What is your current professional role and how did you get here?
I’m a independent developer, making apps for all of Apple’s different platforms. I was always interested in computers, and messed around with code on my Commodore 64 as a kid, but I only really got into programming properly when I went to university. After graduating, I went on to work for Apple in the late nineties on the Mac OS X Finder and Dock. I left, following a Steve Jobs-related incident, and my wife Saskia and I started our own company, TLA Systems. We’re best known for PCalc, the only scientific calculator with high score leaderboards.
What was the first app you worked on and what did it do?
Well, this is embarrassing. It was PCalc, 25 years ago. That makes it sound like I’ve done nothing else in the meantime, but I just keep coming back to it. It was the app I wrote to learn how to program the Mac in 1992, and I’ve rewritten parts of it many times to learn new things. Some of the original code remains however, that has run on both the Mac Classic and the iPhone X.
What went well? What could have gone better?
The longevity definitely impresses and terrifies me. But the fact that it’s giving me an income all these years later must be the high point. But there are still design decisions I made in 1992 that haunt me to this day, and I’m gradually fixing things as time goes on.
What is your favorite among the apps you’ve worked on?
I think, technically, I’ve only worked on about five or six apps in total, ever. PCalc, and my old Mac application dock DragThing, are the most notable. The Finder, obviously. But I think it might be the “101 Dalmatians Print Studio” I worked on for Disney, while I was at Apple. I learned a great deal, and it was a fun project with no great stress, and we had a good team of people, including Saskia.

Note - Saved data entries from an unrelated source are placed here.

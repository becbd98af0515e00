// The places of the planning chain.
ghost use Rattle.std.specs.Prelude.{◌≡◌, if◌then◌else◌};
ghost use Rattle.planning_stages.specs.Places.{is_pinned};
ghost use Rattle.planning_stages.specs.Planning.{planning};

use config_keys::Config;
use giv_files::{Key, Stage};

/// The stage that runs in a place under the settings of a dataset: where people give what is made
/// there, the one that takes it.
#[tactic(auto, unfolding(crate::specs::Planning::planning))]
pub fn in_place(config: &Config, place: Stage) -> Stage
    ensures { result ≡ planning.placed config.now place }
{
    match place {
        Stage::Concept => pinned_or(config, Key::PinConcept, Stage::PinnedConcept, place),
        Stage::Timetable => pinned_or(config, Key::PinTimetable, Stage::PinnedTimetable, place),
        Stage::Vehicles => pinned_or(config, Key::PinVehicles, Stage::PinnedVehicles, place),
        other => other,
    }
}

// The pinned stage where the value of its key is `yes`, or else the plain one.
fn pinned_or(config: &Config, key: Key, pinned: Stage, plain: Stage) -> Stage
    ensures { result ≡ if is_pinned config.now key then pinned else plain }
{
    if is_pinned(config, key) {
        pinned
    } else {
        plain
    }
}

/// Whether the value of a key is `yes`.
pub(crate) fn is_pinned(config: &Config, key: Key) -> bool
    ensures { result ≡ is_pinned config.now key }
{
    config.value(key) == 1
}
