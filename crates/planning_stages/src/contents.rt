// The judge of files that are to be those that their stage makes of what it is given.
ghost use Rattle.std.specs.Prelude.{◌≡◌, [], ◌∷◌, IfOk, IfNone, zip};
ghost use Rattle.std.specs.List.{list_all};
ghost use Rattle.std.specs.Str.{bytes_eq};
ghost use Rattle.giv_files.specs.MadeLists.{MakesAs, ids_of, made_lists};
ghost use Rattle.giv_files.specs.Settings.{Fits};
ghost use Rattle.giv_files.specs.Stages.{stage_makes};
ghost use Rattle.planning_stages.specs.Planning.{planning};
ghost use Rattle.planning_stages.specs.Verdicts.{content_found, files_found, same_texts};

use crate::stages::make_stage;
use config_keys::Config;
use giv_files::{Bundle, MadeFile, Stage};
use plan_num::{NoMemory, Silent, Steps};
use stage_chain::{Cause, Finding, Rule};
use std::alloc::Global;
use tables::StageFault;

/// What is found of files. Where nothing is, and all of them are to be there, they are right.
pub(crate) fn judge_contents(
    alloc: Global,
    _config: &Config,
    bundle: &Bundle,
    there: &[MadeFile],
) -> Result<Option<Finding>, NoMemory>
    requires fits { Fits bundle.now }
    ensures found { IfOk result (λ found.
        found ≡ content_found bundle.now.stage (planning.run bundle.now) there.now) }
    ensures passes { made_lists bundle.now.stage ≡ stage_makes bundle.now.stage ∷ []
        → MakesAs bundle.now.stage (ids_of there.now) → IfOk result (λ found.
        IfNone found (planning.IsRight bundle.now.stage bundle.now there.now)) }
{
    content_found(alloc, bundle, there)
}

// What is found of files.
fn content_found(
    alloc: Global,
    bundle: &Bundle,
    there: &[MadeFile],
) -> Result<Option<Finding>, NoMemory>
    requires fits { Fits bundle.now }
    ensures { IfOk result (λ found.
        found ≡ content_found bundle.now.stage (planning.run bundle.now) there.now) }
{
    let mut steps = Steps::new(Silent);
    let stage = bundle.stage();
    match make_stage(alloc, bundle, &mut steps) {
        Ok(made) => Ok(files_found(stage, &made.files.into_vec(), there)),
        Err(StageFault::Refused(refusal)) => {
            Ok(Some(Finding::of(stage, Cause::Refused(stage, refusal))))
        }
        Err(StageFault::NoMemory) => Err(NoMemory),
    }
}

// What is found of files that are to be those that their stage makes.
fn files_found(stage: Stage, made: &[MadeFile], there: &[MadeFile]) -> Option<Finding>
    ensures { result ≡ files_found stage made.now there.now }
{
    if same_texts(made, there) {
        None
    } else {
        Some(Finding::Broken(stage, Rule::Content))
    }
}

// Whether files have the same texts as others.
#[tactic(auto, unfolding(crate::specs::Verdicts::same_texts))]
fn same_texts(made: &[MadeFile], others: &[MadeFile]) -> bool
    ensures { result ≡ same_texts made.now others.now }
{
    made.len() == others.len() && same_each(made, others)
}

// Whether each file has the same text as the other one at its place.
fn same_each(made: &[MadeFile], others: &[MadeFile]) -> bool
    ensures { result ≡ list_all (λ at. bytes_eq at.0.text at.1.text) (zip made.now others.now) }
{
    made.iter()
        .zip(others)
        .all(|(file, other)| same_text(file, other))
}

// Whether a file has the same text as another one.
fn same_text(file: &MadeFile, other: &MadeFile) -> bool
    ensures { result ≡ bytes_eq file.now.text other.now.text }
{
    file.text.as_bytes() == other.text.as_bytes()
}
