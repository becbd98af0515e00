//! The planning stages as a chain takes them: what each makes, the places in which they run, and the
//! judge of the files there.
#![tactic(auto)]

mod contents;
mod places;
mod rules;
mod stages;
mod verdicts;

pub use places::in_place;
pub use stages::{make_stage, planning_places, verdict};
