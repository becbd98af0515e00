// The search of the stage: why it finds no timetable is told as a refusal.
ghost use Rattle.giv_files.specs.StageCalls.{TakesSteps};
ghost use Rattle.pesp.specs.Listings.{entries_listed, listing};
ghost use Rattle.pesp_search.specs.SearchResults.{SearchGives, result_within};

use pesp::{FoundTimes, Pesp, SearchEnd};
use plan_num::{Ledger, Steps};
use std::alloc::Global;
use tables::{Refusal, StageFault};

/// Searches a timetable of a problem, with so many entries at most. Each entry takes a step.
pub(crate) fn search_times<L: Ledger>(
    alloc: Global,
    pesp: &Pesp,
    budget: u64,
    steps: &mut Steps<L>,
) -> Result<FoundTimes, StageFault>
    ensures found { SearchGives (result_within budget (listing pesp.now)) result }
    ensures steps { TakesSteps (entries_listed budget (listing pesp.now)) steps.old steps.new
        result }
{
    match pesp::search_times(alloc, pesp, budget, steps)? {
        SearchEnd::Found(found) => Ok(found),
        SearchEnd::NoSolution => Err(StageFault::Refused(Refusal::NoSolution)),
        SearchEnd::Spent => Err(StageFault::Refused(Refusal::Spent { entries: budget })),
    }
}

At App Camp, we emphasize that it’s important to have interests outside of tech and to take breaks from looking at screens. What are some of your interests outside of tech? What do you do when you need to take a break from work?
I think a lot of my relaxation involves looking at screens, just bigger ones. I play video games, but I also enjoy going to the cinema. Playing board games does involve interacting with other human beings and has no screens, so I will go with that. I think I should also note the vast amount of lego surrounding me, I find it very calming to build things.
Why do you support what App Camp does?
It’s clear that many problems in tech and society these days stem from people – like me – making decisions without weighing the full consequences for others. Generally, not for malicious reasons, but mainly because we don’t have the same breadth of experience that others do. Having those voices at the table when products are being designed and built would help to avoid those problems. And having a more diverse workforce and leadership can only help bring people closer together, which I think is sorely needed right now.
What do you recommend to those who want to support more diversity in tech?
If you’re in a position to help others, do so. Boost those diverse voices, and give them room to talk. Help financially if you can. Hire people that don’t necessarily look like you, or have the same opinions as you. The worst thing you can do is to do nothing, and think it’s not your problem. Because one of these days, it will be.
How can technology be a force for good?
Well, this is the great question of the day. It’s tempting to think that technology has made the world the mess it is in right now. But it’s also brought lots of communities together – again for good and for bad, but I think mostly for good. It helps us keep talking to each other, and see how other people live, which I think brings empathy. We’re not all the same, and we don’t need to be. Diversity is a feature, not a bug.